For websites where the typical user does not sign on, tests are run based on using cookies to track unique users. It is often ignored how poorly cookies map to unique users (this ought to be a separate post). Let's say each user will show up at different times as different cookies. Then the iid assumption is violated; the correlation between units causes effect sizes to be over-estimated. The longer one runs a test, the more likely the same user shows up as multiple cookies.
Gelman's other observation is that studies with insignificant effects boostered by massive samples can get the p<0.05 and find their way to top journals. Add that to the pile of reasons why being published in a top journal is not necessarily a reason to trust a study.
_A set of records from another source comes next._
//! Streams the energy of meters by quarter hours to a `RowSink`, which receives the rows one by
//! one.
ghost use Rattle.std.specs.Prelude.{◌≡◌, ◌+◌, false, min, IsUtf8};
ghost use Rattle.office_books.specs.Spans.{rows_within};
ghost use Rattle.office_books.specs.Intervals.{rows_of_meter, rows_of_register};
ghost use Rattle.store_tables.specs.Limits.{latest_moment};
ghost use Rattle.office_store.specs.Intervals.Rows.{IsSoundShare};
ghost use Rattle.office_store.specs.Metering.Looking.{HandsOn};
ghost use Rattle.office_store.specs.Metering.Sound.{HasReadableIntervals};

use crate::{interval_rows as tables, text};
use interval_core::Share;
use office_books::{RowSink, Span, meters_are_kept, registers_are_in_turn};
use office_events::Name;
use sqlite::{Alter, Connection};
use store_tables::{LATEST_MOMENT, RowFault, check_open};

/// Limits a bound of a time span to at most one second after the latest timestamp that the store
/// allows.
pub(super) fn bound(moment: u64) -> u64
    ensures { result ≡ min moment (latest_moment + 1) }
{
    moment.min(LATEST_MOMENT + 1)
}

/// Passes the energy of a meter in each quarter hour that starts in the time span `span` to `sink`,
/// in the order of time. Reads no other row.
pub fn intervals<S: Alter, K: RowSink<Share>>(
    conn: &mut Connection<S>,
    meter: &Name,
    span: Span,
    sink: &mut K,
) -> Result<(), RowFault>
    requires { conn.old.in_transaction ≡ false }
    ensures { HandsOn S.Store conn.old conn.new K.takes sink.old sink.new result
        IsSoundShare (λ facts. rows_within span (rows_of_meter facts meter.now))
        (λ facts. IsUtf8 meter.now × HasReadableIntervals facts) }
{
    meters_are_kept();
    registers_are_in_turn();
    let meter = text(meter)?;
    check_open(conn)?;
    match span {
        Span::All => tables::meter_intervals(conn, meter, sink),
        Span::Between { from, till } => {
            tables::meter_intervals_between(conn, meter, bound(from), bound(till), sink)
        }
    }
}

/// Passes the energy of an accounting register (a named energy counter) in each quarter hour that
/// starts in `span` to `sink`. The register's meters follow one another in the order of
/// installation.
pub fn register_intervals<S: Alter, K: RowSink<Share>>(
    conn: &mut Connection<S>,
    register: &Name,
    span: Span,
    sink: &mut K,
) -> Result<(), RowFault>
    requires { conn.old.in_transaction ≡ false }
    ensures { HandsOn S.Store conn.old conn.new K.takes sink.old sink.new result
        IsSoundShare (λ facts. rows_within span (rows_of_register facts register.now))
        (λ facts. IsUtf8 register.now × HasReadableIntervals facts) }
{
    meters_are_kept();
    registers_are_in_turn();
    let register = text(register)?;
    check_open(conn)?;
    match span {
        Span::All => tables::register_intervals(conn, register, sink),
        Span::Between { from, till } => {
            tables::register_intervals_between(conn, register, bound(from), bound(till), sink)
        }
    }
}
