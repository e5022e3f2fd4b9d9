//! Builds the journal of a meter (its entries in order) from the rows of its entries and voids. A
//! void is a row that cancels one entry.
ghost use Rattle.std.specs.Prelude.{◌≡◌, ◌++◌, ◌∷◌, [], IfOk, IfErr, OnOk};
ghost use Rattle.std.specs.Option.{option_to_list};
ghost use Rattle.office_store.specs.Metering.Entries.{step_row, change_row, row_from};
ghost use Rattle.store_tables.specs.declared.faults.RowFault.TheVariants.{Sql};
ghost use Rattle.store_tables.specs.Failing.{want_of_memory};
ghost use Rattle.office_store.specs.Metering.Entries.{IsFaultOfVoids, IsFaultOfJournal};
ghost use Rattle.office_store.specs.Metering.Entries.{ReportsVoided, AreJournal};

use energy_core::Entry;
use meter_journal::EntryRow;
use sqlite::{Error, ErrorCode, Row};
use std::alloc::Global;
use store_tables::{EntryKind, RowFault, read_entry, read_void};

/// Returns the row in a meter's journal (its history) for an entry that reads the counter: a poll's
/// reading, a manual reading, or the reading when the meter is closed.
fn step(kind: meter_journal::EntryKind, row: store_tables::EntryRow, stands: bool) -> EntryRow
    ensures { result ≡ step_row kind row stands }
{
    EntryRow {
        place: row.place,
        kind,
        entry: Entry::Step {
            at: row.moment,
            raw: row.raw,
            rolls: row.rolls,
        },
        stands,
    }
}

/// Returns the row in a meter's journal (its history) for an entry that sets the counter or its
/// scale factor: a reset or a rescale.
fn change(kind: meter_journal::EntryKind, row: store_tables::EntryRow, stands: bool) -> EntryRow
    ensures { result ≡ change_row kind row stands }
{
    EntryRow {
        place: row.place,
        kind,
        entry: Entry::Change {
            at: row.moment,
            before: row.raw,
            after: row.after,
            sf: row.sf,
        },
        stands,
    }
}

/// Converts a row of `entries` to a row of the meter's journal (its history). Returns None for the
/// first entry, which the journal stores apart from its rows.
pub(crate) fn entry_row(row: store_tables::EntryRow, stands: bool) -> Option<EntryRow>
    ensures { result ≡ row_from row stands }
{
    match row.kind {
        EntryKind::Opening => None,
        EntryKind::Reading => Some(step(meter_journal::EntryKind::Reading, row, stands)),
        EntryKind::Manual => Some(step(meter_journal::EntryKind::Manual, row, stands)),
        EntryKind::Closing => Some(step(meter_journal::EntryKind::Closing, row, stands)),
        EntryKind::Reset => Some(change(meter_journal::EntryKind::Reset, row, stands)),
        EntryKind::Rescale => Some(change(meter_journal::EntryKind::Rescale, row, stands)),
    }
}

/// Returns true if one of `voids`, the rows that cancel readings, cancels the entry at index
/// `place`.
pub(crate) fn is_voided(voids: &[Row], place: u64) -> Result<bool, RowFault>
    ensures reported { IfOk result (ReportsVoided voids.now place) }
    ensures fault { IfErr result (IsFaultOfVoids voids.now) }
{
    for row in voids {
        if place == read_void(row)? {
            return Ok(true);
        }
    }
    Ok(false)
}

fn push(rows: &mut Vec<EntryRow>, row: EntryRow) -> Result<(), RowFault>
    ensures put { OnOk result (rows.new.items ≡ rows.old.items ++ row ∷ []) }
    ensures fault { IfErr result (λ e. e ≡ Sql want_of_memory) }
{
    match rows.push(row) {
        Ok(()) => Ok(()),
        Err(_) => Err(RowFault::Sql(Error::SqliteFailure(ErrorCode::OutOfMemory))),
    }
}

/// Appends `row` to the rows of a meter's journal (its history). Appends nothing if `row` is None.
fn add(rows: &mut Vec<EntryRow>, row: Option<EntryRow>) -> Result<(), RowFault>
    ensures put { OnOk result (rows.new.items ≡ rows.old.items ++ option_to_list row) }
    ensures fault { IfErr result (λ e. e ≡ Sql want_of_memory) }
{
    match row {
        Some(row) => push(rows, row),
        None => Ok(()),
    }
}

/// Builds the rows of a meter's journal (its history) from result rows, the oldest first. The
/// meter's first entry, made at installation, has no journal row.
pub fn journal_rows(
    alloc: Global,
    entries: &[Row],
    voids: &[Row],
) -> Result<Vec<EntryRow>, RowFault>
    ensures journal { IfOk result (λ rows. AreJournal entries.now voids.now rows.items) }
    ensures fault { IfErr result (IsFaultOfJournal entries.now voids.now) }
{
    let mut rows = Vec::new(alloc);
    for row in entries {
        let entry = read_entry(row)?;
        let struck = is_voided(voids, entry.place)?;
        add(&mut rows, entry_row(entry, !struck))?;
    }
    Ok(rows)
}
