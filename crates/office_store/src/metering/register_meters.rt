//! Queries for all meters that were installed at an accounting register (a named energy counter),
//! one after another.
ghost use Rattle.std.specs.Prelude.{◌≡◌, false, List, map, IsUtf8};
ghost use Rattle.office_books.specs.Entries.{installations_of};
ghost use Rattle.office_events.specs.declared.facts.Opening.{Opening as RecordedOpening};
ghost use Rattle.office_books.specs.Intervals.{installations_at};
ghost use Rattle.office_books.specs.Meters.{installation_of};
ghost use Rattle.store_tables.specs.Meters.Rows.{installed_shown, IsInstalled, IsSoundInstalled};
ghost use Rattle.office_store.specs.Finding.Finding.{Finds, OfLawful, ReadsAll};
ghost use Rattle.office_store.specs.Metering.RegisterMeters.{AreRowsOf, ShowsMetersAt};
ghost use Rattle.office_store.specs.Metering.Sound.{HasReadableMeters};

use crate::finding::push_item;
use crate::metering::installations::standing;
use crate::{register_meter_rows, text};
use office_events::{Installation, Name};
use sqlite::{Alter, Connection, Row};
use std::alloc::Global;
use store_tables::{RowFault, check_open, read_installation};

/// Queries the rows of `installations` for the meters of an accounting register (a named energy
/// counter), in the order in which the meters were installed.
fn rows_at<S: Alter>(conn: &mut Connection<S>, register: &str) -> Result<Vec<Row>, RowFault>
    requires { conn.old.in_transaction ≡ false }
    ensures { Finds S.Store conn.old conn.new result
        (OfLawful (ShowsMetersAt register.now)) HasReadableMeters }
{
    check_open(conn)?;
    Ok(register_meter_rows(conn, register)?)
}

/// Reads rows of `installations` from the result rows of a query.
fn installed_in(rows: &Vec<Row>) -> Result<Vec<store_tables::Installation>, RowFault>
    ensures { ReadsAll rows.now.items installed_shown IsInstalled IsSoundInstalled
        (λ v. v.items) result }
{
    let mut installed = Vec::new(*rows.allocator());
    for row in rows {
        let installation = read_installation(row)?;
        push_item(&mut installed, installation)?;
    }
    Ok(installed)
}

/// Queries and reads the rows of `installations` for the meters of an accounting register (a named
/// energy counter).
fn installed_at<S: Alter>(
    conn: &mut Connection<S>,
    register: &str,
) -> Result<Vec<store_tables::Installation>, RowFault>
    requires { conn.old.in_transaction ≡ false }
    ensures { Finds S.Store conn.old conn.new result
        (λ facts v. AreRowsOf facts (installations_at facts register.now) v.items)
        HasReadableMeters }
{
    let rows = rows_at(conn, register)?;
    installed_in(&rows)
}

/// Returns the states of the meters that the rows of `installations` in `rows` name. The states
/// have the order of `rows`.
fn standing_all<S: Alter>(
    alloc: Global,
    conn: &mut Connection<S>,
    rows: &[store_tables::Installation],
) -> Result<Vec<Installation>, RowFault>
    requires { conn.old.in_transaction ≡ false }
    ensures { Finds S.Store conn.old conn.new result
        (λ facts v. (openings : List RecordedOpening) → AreRowsOf facts openings rows.now
        → v.items ≡ map (installation_of facts) openings)
        (λ facts. HasReadableMeters facts × (openings : List RecordedOpening)
        × AreRowsOf facts openings rows.now) }
{
    let mut found = Vec::new(alloc);
    for row in rows {
        let installation = standing(conn, row)?;
        push_item(&mut found, installation)?;
    }
    Ok(found)
}

/// Returns the state of each meter that was installed at an accounting register (a named energy
/// counter), including closed meters, in the order of installation.
pub fn meters_at<S: Alter>(
    alloc: Global,
    conn: &mut Connection<S>,
    register: &Name,
) -> Result<Vec<Installation>, RowFault>
    requires { conn.old.in_transaction ≡ false }
    ensures { Finds S.Store conn.old conn.new result
        (λ facts v. v.items ≡ installations_of facts register.now)
        (λ facts. IsUtf8 register.now × HasReadableMeters facts) }
{
    let register = text(register)?;
    let installed = installed_at(conn, register)?;
    standing_all(alloc, conn, &installed)
}
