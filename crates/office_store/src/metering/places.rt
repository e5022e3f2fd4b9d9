//! Computes the state of a meter before one of its entries.
ghost use Rattle.std.specs.Prelude.{◌≡◌, ◌≤◌, List, take, IfOk, IfErr, IfSome};
ghost use Rattle.std.specs.Option.{option_map};
ghost use Rattle.energy_core.specs.Account.{IsAccount};
ghost use Rattle.meter_journal.specs.Books as books;
ghost use Rattle.meter_journal.specs.Journal.{entries_in, row_at};
ghost use Rattle.meter_journal.specs.Lists as lists;
ghost use Rattle.office_books.specs.Sound.{HasNumbers};
ghost use Rattle.office_books.specs.Ranges.{IsSound};
ghost use Rattle.office_events.specs.declared.facts.Fact.{Fact};
ghost use Rattle.office_events.specs.declared.facts.Opening.{Opening};
ghost use Rattle.office_books.specs.Meters as meters;
ghost use Rattle.office_books.specs.Meters.{installation_of, rows_of, place_in};
ghost use Rattle.store_tables.specs.declared.faults.RowFault.TheVariants.{Damaged};
ghost use Rattle.office_store.specs.Metering.Entries.{CanBePlaced};

use energy_core::{MAX_RANGE, MIN_RANGE};
use meter_journal::{EntryRow, Installed, Tally, are_numbered, checked_tally, find_row};
use office_books::installation_after;
use office_events::{EntryContext, Installation};
use store_tables::RowFault;

/// Returns the first `count` rows of a meter's journal (its history), or all rows if there are
/// fewer.
fn first(rows: &[EntryRow], count: usize) -> &[EntryRow]
    ensures { result.now ≡ take count rows.now }
{
    if count < rows.len() {
        &rows[..count]
    } else {
        rows
    }
}

/// Returns the counter's state and the total energy after the meter entries in `rows`. If the rules
/// for meter entries don't allow the entries in this order, reports `Damaged`.
pub fn tally(meter: &Installed, rows: &[EntryRow]) -> Result<Tally, RowFault>
    requires range_low { MIN_RANGE ≤ meter.now.range }
    requires range_high { meter.now.range ≤ MAX_RANGE }
    requires installed { books.IsWellInstalled meter.now }
    ensures account { let es = entries_in (lists.latest_first rows.now) in
        IfOk result (λ t. IsAccount meter.now.range meter.now.opening es t.last t.total) }
    ensures fault { let es = entries_in (lists.latest_first rows.now) in
        IfErr result (λ e. (e ≡ Damaged) × (¬ books.HasAccount meter.now es)) }
{
    match checked_tally(meter, rows) {
        Some(tally) => Ok(tally),
        None => Err(RowFault::Damaged),
    }
}

/// Returns the state of a meter after the entries in `rows`. If the rules for meter entries don't
/// allow the entries in this order, reports `Damaged`.
fn stood_after(whole: &Installation, rows: &[EntryRow]) -> Result<Installation, RowFault>
    ensures stands { let es = entries_in (lists.latest_first rows.now) in
        IfOk result (λ row. row ≡ meters.standing whole.now.opening es whole.now.ended) }
    ensures sound { IfOk result IsSound }
    ensures fault { let es = entries_in (lists.latest_first rows.now) in
        IfErr result (λ e. (e ≡ Damaged) × (HasNumbers whole.now.opening
        → ¬ books.HasAccount (meters.installed whole.now.opening) es)) }
{
    match installation_after(&whole.opening, rows, whole.ended) {
        Some(row) => Ok(row),
        None => Err(RowFault::Damaged),
    }
}

/// Finds the entry at index `place` in a meter's journal (its history, the oldest row first).
/// Returns this entry, the meter's state before it, and the next entry that is not voided
/// (cancelled).
pub(crate) fn placed(
    whole: &Installation,
    rows: &[EntryRow],
    place: u64,
) -> Result<Option<EntryContext>, RowFault>
    ensures found { (facts : List Fact) (o : Opening) → whole.now ≡ installation_of facts o
        → lists.latest_first rows.now ≡ rows_of facts o → IfOk result
        (λ found. found ≡ option_map (place_in facts o) (row_at place (rows_of facts o))) }
    ensures sound { IfOk result (λ found. IfSome found (λ p. IsSound p.before)) }
    ensures fault { IfErr result
        (λ e. (e ≡ Damaged) × (¬ CanBePlaced whole.now.opening rows.now place)) }
{
    if !are_numbered(rows) {
        return Err(RowFault::Damaged);
    }
    let Some(found) = find_row(rows, place) else {
        return Ok(None);
    };
    let before = stood_after(whole, first(rows, found.index))?;
    Ok(Some(EntryContext {
        before,
        row: found.row,
        next: found.next,
    }))
}
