//! All lookup tables of a store in memory, such as the table of polls by number and the table of
//! meters by name.
ghost use Rattle.std.specs.Prelude.{◌≡◌, ◌∷◌, List, [], map, reverse, length, IfOk, IfSome, OnOk};
ghost use Rattle.std.specs.List.{filter, filter_map};
ghost use Rattle.std.specs.Option.{option_copied, option_map};
ghost use Rattle.office_events.specs.declared.facts.Fact.{Fact};
ghost use Rattle.office_books.specs.Facts.{polls_in, pending_in, list_of, register_of, registers_of, installed_at};
ghost use Rattle.office_books.specs.Repeats.{repeat_of};
ghost use Rattle.office_books.specs.Ranges.{IsSound};
ghost use Rattle.office_books.specs.Entries.{entries_from, installations_of};
ghost use Rattle.office_books.specs.Rows.{TakesAll};
ghost use Rattle.office_books.specs.Near.{ReportsNear};
ghost use Rattle.office_books.specs.Plans.{read_count_of, reads_from};
ghost use Rattle.office_books.specs.Intervals.{rows_of_meter, rows_of_register};
ghost use Rattle.office_books.specs.Lawful.{AreLawful};
ghost use Rattle.office_books.specs.Meters.{meter_of, installation_at, installation_of, entry_at};
ghost use Rattle.office_books.specs.Readings.{is_read_by, poll_row_of};
ghost use Rattle.memory_books.specs.Tables.Growing.{latest_first};
ghost use Rattle.memory_books.specs.Tables.Lookups as spots;
ghost use Rattle.memory_books.specs.Tables.IntervalRows.{TakesSome, TakesWithin, rows_at};

use crate::tables::keys::Key;
use crate::tables::lookups::{
    list_at, opening_at, register_at, registers_at, registers_read_at, repeat_at,
};
use crate::tables::meters::Meters;
use crate::tables::places::{Kind, Places, named};
use crate::tables::polls::{Pending, Polls};
use crate::tables::table::Kept;
use interval_core::Share;
use mb_wire::ReadSpan;
use office_books::{MeterEntry, Repeat, RowSink, Span, read_count, reads_from};
use office_events::{
    EntryContext, Fact, Installation, Name, Opening, PlannedList, Poll, PollRow, Register,
};
use std::alloc::{AllocError, Global};
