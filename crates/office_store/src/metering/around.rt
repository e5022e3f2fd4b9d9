//! Builds an entry of a meter from its row and the nearest rows before and after it that are not
//! voided (cancelled), instead of reading all rows of the meter.
ghost use Rattle.std.specs.Prelude.{◌≡◌, ◌≤◌, false, IfOk, IfSome, IsUtf8};
ghost use Rattle.office_books.specs.Lawful.{AreLawful};
ghost use Rattle.office_books.specs.Ranges.{IsSound};
ghost use Rattle.office_books.specs.Near.{ReportsNear};
ghost use Rattle.store_tables.specs.Limits.{greatest_place};
ghost use Rattle.office_store.specs.Finding.Finding.{Finds};
ghost use Rattle.office_store.specs.Metering.Sound.{HasReadableMeters, HasReadableJournals};
ghost use Rattle.office_store.specs.Metering.Entries.{ReportsVoided};
ghost use Rattle.office_store.specs.Metering.Around.{IsBefore, IsAfter, AreSides, ByVoids};
ghost use Rattle.office_store.specs.Metering.Around.{FindsAt, FindsAround, next_from, IsSeen};
ghost use Rattle.office_store.specs.Metering.Around.{stood, ReportsOf, ReportsRightly};

use crate::metering::entries::{entry, voids};
use crate::metering::journal::{entry_row, is_voided};
use crate::metering::meters::meter;
use crate::{counter_after, text};
use meter_journal::{journals_are_kept, places_were_kept, rows_are_kept, voids_change_two_rows};
use office_books::{is_sound, journals_fit, with_whole_energy};
use office_events::{EntryContext, Installation, Name};
use sqlite::{Alter, Connection, Row};
use std::alloc::Global;
use store_tables::{EntryRow, GREATEST_PLACE, RowFault, check_open, entry_at};

/// The indices of the nearest entries before and after a meter entry that are not voided
/// (cancelled), and whether the meter entry itself is not voided.
#[derive(Clone, Copy)]
pub(crate) struct Sides {
    pub before: u64,
    pub after: u64,
    pub stands: bool,
}

/// The row of a meter entry, and the rows of the nearest entries before and after it that are not
/// voided (cancelled). `before` may be the meter's first entry, made at its installation.
#[derive(Clone, Copy)]
pub(crate) struct Around {
    pub entry: EntryRow,
    pub before: EntryRow,
    pub next: Option<EntryRow>,
}

/// Returns true if one of `voids`, the rows that cancel readings, cancels the entry at index
/// `place`. Returns None if a row of `voids` can't be parsed.
fn is_named(voids: &[Row], place: u64) -> Option<bool>
    ensures { IfSome result (ReportsVoided voids.now place) }
{
    match is_voided(voids, place) {
        Ok(is) => Some(is),
        Err(_) => None,
    }
}

/// Returns the index of the last entry before `place` that no row of `voids` cancels, or 1 for the
/// meter's first entry. Returns None if a row of `voids` can't be parsed.
fn place_before(voids: &[Row], place: u64) -> Option<u64>
    requires following { 2 ≤ place }
    ensures before { IfSome result (λ n. ByVoids (λ vs. IsBefore vs place n) voids.now) }
    ensures low { IfSome result (λ n. n ≤ place) }
{
    for passed in 1..place - 1 {
        let before = place - passed;
        if !is_named(voids, before)? {
            return Some(before);
        }
    }
    Some(1)
}

/// Returns the first index after `place` that no row of `voids` cancels. Returns None if a row of
/// `voids` can't be parsed, or if every later index is cancelled.
fn place_after(voids: &[Row], place: u64) -> Option<u64>
    requires place { place ≤ greatest_place }
    ensures after { IfSome result (λ n. ByVoids (λ vs. IsAfter vs place n) voids.now) }
    ensures small { IfSome result (λ n. n ≤ greatest_place) }
{
    for after in place + 1..GREATEST_PLACE + 1 {
        if !is_named(voids, after)? {
            return Some(after);
        }
    }
    None
}

/// Returns the indices of the nearest entries before and after `place` that are not voided
/// (cancelled), and whether the entry at `place` is not voided. Returns None if a row of `voids`
/// can't be parsed, or if `place` is 1 or less, or above the greatest index.
fn sides_of(voids: &[Row], place: u64) -> Option<Sides>
    ensures following { IfSome result (λ sides. 2 ≤ place) }
    ensures place { IfSome result (λ sides. place ≤ greatest_place) }
    ensures sides { IfSome result (λ sides. ByVoids (λ vs. AreSides vs place sides) voids.now) }
    ensures before { IfSome result (λ sides. sides.before ≤ greatest_place) }
    ensures after { IfSome result (λ sides. sides.after ≤ greatest_place) }
{
    if place < 2 || GREATEST_PLACE < place {
        return None;
    }
    let before = place_before(voids, place)?;
    let after = place_after(voids, place)?;
    let stands = !is_named(voids, place)?;
    Some(Sides {
        before,
        after,
        stands,
    })
}

/// Queries the row of a meter's entry at index `place`.
fn row_there<S: Alter>(
    conn: &mut Connection<S>,
    meter: &str,
    place: u64,
) -> Result<Option<EntryRow>, RowFault>
    requires idle { conn.old.in_transaction ≡ false }
    requires place { place ≤ greatest_place }
    ensures { Finds S.Store conn.old conn.new result (FindsAt meter.now place)
        HasReadableMeters }
{
    check_open(conn)?;
    entry_at(conn, meter, place)
}

/// Queries the row of the meter entry at `place`, and the rows of the entries before and after it
/// at the indices in `sides`. Returns None if the row of the entry, or the row before it, is
/// missing.
fn rows_around<S: Alter>(
    conn: &mut Connection<S>,
    meter: &str,
    place: u64,
    sides: Sides,
) -> Result<Option<Around>, RowFault>
    requires idle { conn.old.in_transaction ≡ false }
    requires place { place ≤ greatest_place }
    requires before { sides.before ≤ greatest_place }
    requires after { sides.after ≤ greatest_place }
    ensures { Finds S.Store conn.old conn.new result
        (λ facts found. IfSome found (FindsAround meter.now place sides.before sides.after facts))
        HasReadableMeters }
{
    let Some(entry) = row_there(conn, meter, place)? else {
        return Ok(None);
    };
    let Some(before) = row_there(conn, meter, sides.before)? else {
        return Ok(None);
    };
    let next = row_there(conn, meter, sides.after)?;
    Ok(Some(Around {
        entry,
        before,
        next,
    }))
}

/// Converts the row of the next entry that is not voided (cancelled) to a row of the meter's
/// journal, its history.
fn next_row(next: &Option<EntryRow>) -> Option<meter_journal::EntryRow>
    ensures { result ≡ next_from next.now }
{
    match next {
        None => None,
        Some(next) => entry_row(*next, true),
    }
}

/// Returns the state of a meter with the counter's state after the entry `before`. The energy in
/// this state is the meter's total energy, because the energy up to `before` is not known.
fn stood_after(whole: &Installation, before: &EntryRow) -> Installation
    ensures { result ≡ stood whole.now before.now }
{
    Installation {
        opening: whole.opening,
        last: counter_after(before),
        total: whole.total,
        ended: whole.ended,
    }
}

/// Builds a meter entry from its row and the rows before and after it. Returns None if the row is a
/// meter's first entry, or if a number is out of its range.
fn seen(whole: &Installation, around: &Around, stands: bool) -> Option<EntryContext>
    ensures seen { IfSome result (IsSeen whole.now around.now stands) }
    ensures sound { IfSome result (λ found. IsSound found.before) }
{
    let row = entry_row(around.entry, stands)?;
    let next = next_row(&around.next);
    let before = stood_after(whole, &around.before);
    if !is_sound(&before) {
        return None;
    }
    Some(EntryContext { before, row, next })
}

/// Returns the meter entry at index `place` from its row and the nearest rows before and after it.
/// Returns None if these rows don't determine the entry.
fn entry_from_neighbours<S: Alter>(
    conn: &mut Connection<S>,
    meter: &str,
    whole: &Installation,
    place: u64,
) -> Result<Option<EntryContext>, RowFault>
    requires { conn.old.in_transaction ≡ false }
    ensures finds { Finds S.Store conn.old conn.new result
        (ReportsRightly meter.now place whole.now) HasReadableJournals }
    ensures sound { IfOk result (λ found. IfSome found (λ p. IsSound p.before)) }
{
    journals_fit();
    rows_are_kept();
    voids_change_two_rows();
    journals_are_kept();
    places_were_kept();
    let voids = voids(conn, meter)?;
    let Some(sides) = sides_of(&voids, place) else {
        return Ok(None);
    };
    let Some(around) = rows_around(conn, meter, place, sides)? else {
        return Ok(None);
    };
    Ok(seen(whole, &around, sides.stands))
}

/// Returns the meter entry at index `place` from all rows of the meter in `entries`.
fn entry_from_all_rows<S: Alter>(
    alloc: Global,
    conn: &mut Connection<S>,
    name: &Name,
    whole: &Installation,
    place: u64,
) -> Result<Option<EntryContext>, RowFault>
    requires idle { conn.old.in_transaction ≡ false }
    requires sound { IsSound whole.now }
    ensures finds { Finds S.Store conn.old conn.new result
        (λ facts found. AreLawful facts → ReportsOf name.now place whole.now facts found)
        (λ facts. IsUtf8 name.now × HasReadableJournals facts) }
    ensures sound { IfOk result (λ found. IfSome found (λ p. IsSound p.before)) }
{
    journals_are_kept();
    places_were_kept();
    match entry(alloc, conn, name, place)? {
        None => Ok(None),
        Some(found) => Ok(Some(with_whole_energy(&found, whole))),
    }
}

/// Returns the meter entry at index `place`, with the meter's total energy instead of the energy
/// before the entry. Reads the meter's voids (cancellations of entries), the entry's row, and the
/// nearest rows before and after it. If these rows don't determine the entry, reads all entries of
/// the meter.
pub fn entry_near<S: Alter>(
    alloc: Global,
    conn: &mut Connection<S>,
    name: &Name,
    place: u64,
) -> Result<Option<EntryContext>, RowFault>
    requires { conn.old.in_transaction ≡ false }
    ensures finds { Finds S.Store conn.old conn.new result
        (λ facts found. ReportsNear facts name.now place found)
        (λ facts. IsUtf8 name.now × HasReadableJournals facts) }
    ensures sound { IfOk result (λ found. IfSome found (λ p. IsSound p.before)) }
{
    journals_are_kept();
    places_were_kept();
    let text = text(name)?;
    let Some(whole) = meter(conn, name)? else {
        return Ok(None);
    };
    match entry_from_neighbours(conn, text, &whole, place)? {
        Some(found) => Ok(Some(found)),
        None => entry_from_all_rows(alloc, conn, name, &whole, place),
    }
}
On a separate note, I want to respond to a reader who asked me a question a while ago that I haven't answered. In one of my talks about the Netflix Prize, I remarked that the 10% targeted improvement was roughly equivalent to improving the accuracy of predicting the average rating by 1/10 of a star in the 5-star scale. Then, I forgot how I derived that number. Turns out it was in an earlier version of the talk. The accuracy metric used was RMSE which is on the same scale as the ratings data, i.e. the 5-star scale. The 10% improvement was roughly 0.1 on the RMSE scale, which is 1/10th of a star on the 5-star scale.
Pertinent to the tiny-effect issue discussed above, note that in the final phase of the Netflix Prize, several teams were just under the cusp of the 10-percent threshold. The eventual winners boosted their RMSE by 0.005 to get over the threshold. That is one half of 1/100th of a star on the 5-star scale. And it took 10 months.